Here you can set how your additional data will be created:

Random Horizontal Flip - randomly flips the image horizontally.
Random Vertical Flip - randomly flips the image vertically.
Random Rotation - randomly rotates the image.
Random Adjust Brightness - randomly adjusts the brightness of the image.
Random Adjust Hue - randomly adjusts the hue of the image.
Random Pixel Value Scale - randomly scales the pixel values of the image.
Random Image Scale - randomly scales the size of the image.
Random Adjust Contrast - randomly adjusts the contrast of the image.
Random Adjust Saturation - randomly adjusts the saturation of the image.
Random Distort Color - randomly distorts color of the image.

# Advanced parameters - Darknet

The Advanced tab contains advanced parameters, a detailed description of which can be found in the documentation of the selected framework:

Momentum - accumulation of movement, how much the history affects the further change of weights (optimizer).
Decay - a weaker updating of the weights for typical features, it eliminates disbalance in dataset (optimizer).
Learning rate - controls how much to change the model in response to the estimated error each time the model weights are updated.
Resize - randomly resize the image in the range of [1 / 1.5 - 1.5x]. The minimum value is 1.1 and the maximum value is 10. We recommend not to exceed the value of 2.0.
Jitter - randomly crops and resizes images with changing aspect ratio in the range from x(1 - 2 \cdot jitter) \rightarrow x(1 + 2 \cdot jitter) (data augmentation parameter is used only from the last layer).

# Advanced parameters - Tensorflow

Learning rate - controls how much to change the model in response to the estimated error each time the model weights are updated.
Metrics - a metric is a function that is used to evaluate the performance of your model. Metric functions are similar to loss functions, except that the results of evaluating a metric are not used when training the model.
Optimizer - algorithm used to minimize an error function (loss function) and maximize the production efficiency.
Batch size - the number of training examples used in one iteration. The maximum value is determined by the configuration of the model.

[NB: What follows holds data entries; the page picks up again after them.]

//! Programs as sequences of parts, for facts.

ghost use Rattle.std.specs.Prelude.{◌≡◌};
ghost use Rattle.monad_lang.specs.CodeProgram.{mon_of};
ghost use Rattle.program_facts.specs.Flow.{changes_state, parts};
ghost use Rattle.program_facts.specs.CodeParts.{sequence};

use ac_expr::{Exp, Sequence, Split};
use monad_lang::Mon;

/// A program, by its parts that come one after the other. It points at boxes alone: facts with a
/// larger type in them are more than the language's types may reach.
#[derive(Clone, Copy)]
pub enum Parts<'a> {
    /// No part.
    None,
    /// A part, its values' names, and what comes behind it.
    Begins(&'a Box<Mon>, &'a [String], &'a Box<Mon>),
    /// A program that is a part.
    Whole(&'a Box<Mon>),
}

impl<'a> Parts<'a> {
    /// The parts of a program.
    pub fn of(m: &'a Mon) -> Parts<'a>
        ensures { sequence result ≡ parts (mon_of m.now) }
    {
        match m {
            Mon::Bind(first, names, rest) => Parts::Begins(first, names, rest),
            _ => Parts::None,
        }
    }
}

impl Sequence for Parts<'_> {
    ghost use Rattle.program_facts.specs.CodeParts.{sequence, guard_at, changes_at};

    ghost parts = { λ it. sequence it };

    ghost guard_in = { λ it. guard_at it };

    ghost changes = { λ it. changes_at it };

    // Walks over facts call it for each part, and what it gives is large.
    #[inline(always)]
    fn split(&self) -> Option<Split<'_, Self>> {
        match self {
            Parts::None => None,
            Parts::Begins(first, names, rest) => Some(Split {
                first: Parts::Whole(*first),
                names: *names,
                rest: Parts::Whole(*rest),
            }),
            Parts::Whole(program) => match &***program {
                Mon::Bind(first, names, rest) => Some(Split {
                    first: Parts::Whole(first),
                    names,
                    rest: Parts::Whole(rest),
                }),
                _ => None,
            },
        }
    }

    fn guard(&self) -> Option<&Exp> {
        match self {
            Parts::None | Parts::Begins(_, _, _) => None,
            Parts::Whole(program) => match &***program {
                Mon::Guard(e) => Some(e),
                _ => None,
            },
        }
    }

    fn changes_state(&self) -> bool {
        match self {
            Parts::None => false,
            Parts::Begins(first, _, rest) => changes_state(first) || changes_state(rest),
            Parts::Whole(program) => changes_state(program),
        }
    }
}

/// Whether a write or a call stands in a program. It goes along the last parts by a loop, since a
/// text may have long sequences.
pub fn changes_state(m: &Mon) -> bool
    ensures { result ≡ changes_state (mon_of m.now) }
{
    let mut rest = m;
    'along: loop {
        match rest {
            Mon::Ret(_) | Mon::Guard(_) | Mon::Pick(_) => return false,
            Mon::Write(_, _) | Mon::Call(_, _) => return true,
            Mon::Loop(_, _, _, body) => rest = &**body,
            Mon::Bind(first, _, last) => {
                if changes_state(first) {
                    return true;
                }
                rest = &**last;
            }
            Mon::If(_, first, last) => {
                if changes_state(first) {
                    return true;
                }
                rest = &**last;
            }
        }
    }
}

# Automatic Parametrization

To simplify and speed up your model testing process, we have created an “automatic model testing” feature. Instead of going through a an extensive multi-choice form, you can focus on accuracy while we set the rest of the parameters for an optimal training process.

Ready to try it out? Add a model, select a training type, pick categories, merge categories, turn on Configure automatically option and select the accuracy level that satisfies you. Then run the entire experiment on the automatically adjusted settings.

# How to read the results

The effectiveness of the training can be evaluated when it is stopped. In the Automatic setting, training will stop for one of two reasons:

The model has reached the accuracy you were looking for within a reasonable number of epochs. Your dataset provides a good amount of information and the parameters are good. You should still be cautious and do some additional testing – such a result also means that your model has reached a level of accuracy that it will not be able to maintain consistently.
The model has reached the maximum number of epochs allowed without the expected results. This most likely means that your dataset needs improvement. Consider adding more images or checking the existing ones for oddly placed annotations or incorrect categories. If this does not help, consider manual configuration and adjust the parameters until you are satisfied with the results.

In either case, we will provide you with a model with the highest accuracy achieved.